The poetry is a collaboration between the city and the nonprofit Public Art Saint Paul. Like all public infrastructure, sidewalk poetry requires careful, thoughtful planning.
Traditional Hmong poetry is oral, not written, and it is epic — you'd need a boulevard, not one square of cement. The city and Public Art Saint Paul hosted poetry workshops for the general public, for Dakota poets, for Hmong, for Somali, for poets writing in Spanish; all geared toward helping residents hone their ideas down to the few hundred characters that can fit on a stamp.
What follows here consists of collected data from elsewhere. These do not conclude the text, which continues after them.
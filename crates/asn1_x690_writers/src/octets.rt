//! Octets at an index.

ghost use Rattle.std.specs.Prelude.{◌≡◌, ◌+◌, ◌*◌, ◌%◌, ◌^◌, ◌<◌, ◌≤◌, ◌++◌, length, take, drop};
ghost use Rattle.asn1_bits.specs.Bits.{bits, digits};
ghost use Rattle.asn1_x691_writers.specs.Written.{IsGrown};

use asn1_schema::Span;
use asn1_x690_leaves::octets_at;
use asn1_x691_writers::{after, put_bits, put_number};

/// Writes an octet from bit `at` on. Returns the index after it.
#[inline(always)]
pub(crate) fn put_octet(octets: &mut [u8], at: usize, octet: u8) -> usize
    requires { 8 * length octets.old < 2 ^ 64 }
    ensures { IsGrown octets.old at octets.new result (digits octet 8) }
{
    if at % 8 > 0 {
        return put_number(octets, at, u64::from(octet), 8);
    }
    if at / 8 < octets.len() {
        octets[at / 8] = octet;
        return at + 8;
    }
    after(at, 8)
}

/// Writes octets over those from an index on.
#[inline(always)]
fn store(octets: &mut [u8], first: usize, own: &[u8])
    requires { first + length own.now ≤ length octets.old }
    ensures { take (first + length own.now) octets.new ≡ take first octets.old ++ own.now }
{
    let (_, rest) = octets.split_at_mut(first);
    let (front, _) = rest.split_at_mut(own.len());
    front.copy_from_slice(own);
}

/// Writes `count` bits of a source, from bit `from` on, to bit `at`. Returns the index of the bit
/// after them.
///
/// The bits must be inside the source. A few are written as a number, of others the octets are copied
/// if both begin at an octet.
#[inline(always)]
pub fn put_span(octets: &mut [u8], at: usize, source: &[u8], from: usize, count: usize) -> usize
    requires size { 8 * length octets.old < 2 ^ 64 }
    requires within { from + count ≤ 8 * length source.now }
    ensures { IsGrown octets.old at octets.new result (take count (drop from (bits source.now))) }
{
    // A number is written with eight octets that exist.
    if count <= 57 && at / 8 < octets.len().saturating_sub(7) {
        return put_bits(octets, at, source, from, count);
    }
    put_view(octets, at, source, from, count)
}

/// Writes bits as [`put_span`] does. It copies octets if both begin at an octet.
#[inline(always)]
fn put_view(octets: &mut [u8], at: usize, source: &[u8], from: usize, count: usize) -> usize
    requires size { 8 * length octets.old < 2 ^ 64 }
    requires within { from + count ≤ 8 * length source.now }
    ensures { IsGrown octets.old at octets.new result (take count (drop from (bits source.now))) }
{
    if at % 8 == 0 && from % 8 == 0 && count % 8 == 0 {
        let own = octets_at(source, Span { at: from, count });
        return put_octets(octets, at, own);
    }
    put_bits(octets, at, source, from, count)
}

/// Writes octets from bit `at` on, which is the first of an octet. Returns the index after them.
#[inline(always)]
fn put_octets(octets: &mut [u8], at: usize, own: &[u8]) -> usize
    requires size { 8 * length octets.old < 2 ^ 64 }
    requires own { 8 * length own.now < 2 ^ 64 }
    requires whole { at % 8 ≡ 0 }
    ensures { IsGrown octets.old at octets.new result (bits own.now) }
{
    let first = at / 8;
    if first <= octets.len() && own.len() <= octets.len() - first {
        store(octets, first, own);
        return at + 8 * own.len();
    }
    after(at, 8 * own.len())
}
Each poem appears in multiple places around the city. The 73 poems chosen for the program before this year helped create almost 1,300 neighborhood poetry breaks. That number will grow as sidewalks crack and crumble and work crews patch them up and stamp a lucky few with a reason for neighbors to look down and smile, or sigh, or think as they're out shoveling their walks or walking their dogs.
Some of this year's poets will read their entries on Saturday, June 24, from 11 a.m. to 12:30 p.m. on Raspberry Island, when Public Art Saint Paul's Wakpa Triennial Art Festival kicks off. The event will be a 12-week celebration of public art and exhibits by Twin Cities artists.
The city hosts the sidewalk poetry competition every two years. Only St. Paul residents can enter. Only St. Paul residents can tell this story.
"I'm a daughter of Rondo, five generations strong," said Artika Tyner, author, attorney, University of St. Thomas Law School professor and sidewalk poet. You can find her 2021 love note to her neighborhood, "I Am Rondo," on sidewalks across St. Paul. "I wanted to capture that legacy."